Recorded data
BEGIN

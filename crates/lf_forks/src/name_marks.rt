//! Names of recording rules, of which some are marked.
ghost use Rattle.std.specs.Prelude.{◌≡◌, ◌<◌, ◌∷◌, ◌⊎◌, ◌↔◌, [], ℕ, Some, false, length, slice_index_or, true, IfOk};
ghost use Rattle.std.specs.List.{Contains};
ghost use Rattle.std.specs.Option.{option_copied};
ghost use Rattle.lf_ast.specs.Rules.{rule_trees};
ghost use Rattle.lf_semantics.specs.Listing.{place};
ghost use Rattle.lf_forks.specs.views.NameMarks.{AreUnmarked, Marks, has_mark};

use lf_ast::Rule;
use lf_base::{Memory, Seq, Text};
use lf_classes::{TextSet, recorded_names};
use std::alloc::Global;
use std::marker::Model;

/// What is told of selectors: for each recorded name, and for a selector that says none, whether it is marked. Another name isn't.
#[derive(Drop)]
pub struct NameMarks {
    pub(crate) names: TextSet,
    pub(crate) marked: Vec<bool>,
    pub(crate) without_name: bool,
}

impl Model for NameMarks {
    ghost use Rattle.lf_forks.specs.views.NameMarks.{NameMarks};

    ghost Value = { NameMarks };

    ghost view = { λ m. record { names = m.names; marked = m.marked.items; without_name = m.without_name } };
}

impl NameMarks {
    /// The names of recording rules, of which none is marked.
    pub fn none(alloc: Global, rules: &Seq<Rule>) -> Result<NameMarks, Memory>
        ensures { IfOk result (AreUnmarked (rule_trees rules.now)) }
    {
        let names = recorded_names(alloc, rules.as_slice())?;
        let marked = vec![in alloc; false; names.len()]?;
        Ok(NameMarks {
            names,
            marked,
            without_name: false,
        })
    }

    /// Marks a name, if it is recorded, and selectors that say none.
    pub fn mark(&mut self, name: &str)
        ensures { Marks (place self.old.names name.now ∷ []) self.old self.new }
    {
        let place = self.names.place(name);
        self.mark_place(place);
    }

    /// Marks the name at a place, if there is one, and selectors that say none.
    pub(crate) fn mark_place(&mut self, place: usize)
        ensures { Marks (place ∷ []) self.old self.new }
    {
        mark_at(&mut self.marked, place);
        self.without_name = true;
    }

    /// Whether a selector is marked, by the name that it says.
    pub fn has(&self, name: Option<&Text>) -> bool
        ensures { result ≡ has_mark self.now (option_copied name.entry) }
    {
        match name {
            Some(name) => self.has_name(name.as_str()),
            None => self.without_name,
        }
    }

    /// Whether a selector of a name is marked.
    fn has_name(&self, name: &str) -> bool
        ensures { result ≡ has_mark self.now (Some name.now) }
    {
        let place = self.names.place(name);
        place < self.marked.len() && self.marked[place]
    }
}

/// Marks a place, if it is there.
fn mark_at(marked: &mut Vec<bool>, place: usize)
    ensures count { length marked.new.items ≡ length marked.old.items }
    ensures marked { (p : ℕ) → p < length marked.old.items → (slice_index_or marked.new.items p false ≡ true) ↔ ((slice_index_or marked.old.items p false ≡ true) ⊎ Contains (place ∷ []) p) }
{
    if place < marked.len() {
        marked[place] = true;
    }
}
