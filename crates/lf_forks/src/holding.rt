//! Which expressions hold a fork.
ghost use Rattle.std.specs.Prelude.{◌≡◌, ◌∷◌, [], length, map, IfOk};
ghost use Rattle.std.specs.List.{list_any};
ghost use Rattle.lf_ast.specs.Tree.{parts_of, tree, nodes};
ghost use Rattle.lf_trials.specs.Forks.{has_passing, is_or};
ghost use Rattle.lf_forks.specs.views.Holding.{beside, called, holds};
ghost use Rattle.lf_forks.specs.views.NameMarks.{has_mark};

use crate::name_marks::NameMarks;
use lf_ast::walk::{Fold, Parts, fold_up};
use lf_ast::{Expr, Op, selected_name};
use lf_base::Memory;
use lf_nodes::{both, gives_scalar, the_only};
use lf_parts::{Copied, fold_parts};
use std::alloc::Global;
use std::marker::Model;

/// Whether an `or` or a selector that is marked stands in an expression.
pub(crate) fn holds(alloc: Global, marks: &NameMarks, expr: &Expr) -> Result<bool, Memory>
    ensures { IfOk result (λ found. found ≡ has_passing (has_mark marks.now) (tree expr.now)) }
{
    let held = fold_up(alloc, &Holding { marks }, expr)?;
    Ok(held.found)
}

/// For an expression and all parts in it, each before those of its own parts, whether it is a scalar, and whether an `or` or a selector that is marked stands in it.
pub(crate) fn hold_each(alloc: Global, marks: &NameMarks, expr: &Expr) -> Result<Vec<Held>, Memory>
    ensures { IfOk result (λ held. held.items ≡ map (holds marks.now) (nodes (tree expr.now))) }
{
    fold_parts(alloc, &Holding { marks }, expr)
}

/// What is told of an expression: whether it is a scalar, and whether something is found in it.
#[derive(Drop)]
pub struct Held {
    pub scalar: bool,
    pub found: bool,
}

impl Copied for Held {
    fn copied(&self, _alloc: Global) -> Result<Held, Memory> {
        Ok(Held {
            scalar: self.scalar,
            found: self.found,
        })
    }
}

/// Tells of an expression what is told of its parts.
#[derive(Drop)]
struct Holding<'a> {
    marks: &'a NameMarks,
}

impl<'a> Model for Holding<'a> {
    ghost use Rattle.lf_forks.specs.views.NameMarks.{NameMarks};

    ghost Value = { NameMarks };

    ghost view = { λ h. h.marks.now };
}

impl<'a> Fold for Holding<'a> {
    type Value = Held;

    type Note = ();

    ghost use Rattle.lf_ast.specs.declared.walk.choosing.Parts.TheVariants.{All};
    ghost use Rattle.lf_forks.specs.views.Holding.{holds};

    ghost value = { λ h e. holds h e };

    ghost needed = { λ h e. All };

    ghost notes = { λ e note. Unit {0} };

    fn enter(&self, _expr: &Expr) -> (Parts, ()) {
        (Parts::All, ())
    }

    fn step(
        &self,
        _alloc: Global,
        expr: &Expr,
        _note: (),
        values: Vec<Held>,
    ) -> Result<Held, Memory>
        requires { values.items ≡ map (holds self.now) (parts_of (tree expr.now)) }
        ensures { IfOk result (λ made. made ≡ holds self.now (tree expr.now)) }
    {
        Ok(told_of(self.marks, expr, values))
    }
}

/// What is told of an expression, by what is told of its parts.
fn told_of(marks: &NameMarks, expr: &Expr, parts: Vec<Held>) -> Held
    requires { parts.items ≡ map (holds marks.now) (parts_of (tree expr.now)) }
    ensures { result ≡ holds marks.now (tree expr.now) }
{
    match expr {
        Expr::Number { .. } => Held {
            scalar: true,
            found: false,
        },
        Expr::Str { .. } => Held {
            scalar: false,
            found: false,
        },
        Expr::Selector { name, matchers, .. } => Held {
            scalar: false,
            found: marks.has(selected_name(name, matchers.as_slice())),
        },
        Expr::Subquery { .. } => Held {
            scalar: false,
            found: the_only(parts).found,
        },
        Expr::Paren { .. } | Expr::Unary { .. } => the_only(parts),
        Expr::Binary { op, .. } => beside(*op, parts),
        Expr::Call { name, .. } => called(gives_scalar(name.as_str()), parts),
        Expr::Aggregate { .. } => called(false, parts),
    }
}

/// What is told of an operator, by what is told of its sides: two scalars give a scalar, and within one nothing is looked at.
fn beside(op: Op, sides: Vec<Held>) -> Held
    requires { length sides.items ≡ 2 }
    ensures { (l r : Held) → sides.items ≡ l ∷ r ∷ [] → result ≡ beside op l r }
{
    let (left, right) = both(sides);
    let scalar = left.scalar && right.scalar;
    Held {
        scalar,
        found: !scalar && (is_or(op) || (left.found || right.found)),
    }
}

/// What is told of a call or an aggregation, by whether it is a scalar and by what is told of its arguments.
fn called(scalar: bool, args: Vec<Held>) -> Held
    ensures { result ≡ called scalar args.items }
{
    Held {
        scalar,
        found: !scalar && any_found(args.as_slice()),
    }
}

/// Whether something is found in one of these.
fn any_found(parts: &[Held]) -> bool
    ensures { result ≡ list_any (λ h. h.found) parts.now }
{
    parts.iter().any(|held| held.found)
}

/// Whether the operator is `or`.
pub fn is_or(op: Op) -> bool
    ensures { result ≡ is_or op }
{
    match op {
        Op::Or => true,
        _ => false,
    }
}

END

Exercise directions:
All lines above from the one with "fn beside(op: Op, sides: Vec<Held>) -> Held" to the one with "of its arguments.", inclusive, should be copied exactly, and no other lines.

Result below:
fn beside(op: Op, sides: Vec<Held>) -> Held
    requires { length sides.items ≡ 2 }
    ensures { (l r : Held) → sides.items ≡ l ∷ r ∷ [] → result ≡ beside op l r }
{
    let (left, right) = both(sides);
    let scalar = left.scalar && right.scalar;
    Held {
        scalar,
        found: !scalar && (is_or(op) || (left.found || right.found)),
    }
}

/// What is told of a call or an aggregation, by whether it is a scalar and by what is told of its arguments.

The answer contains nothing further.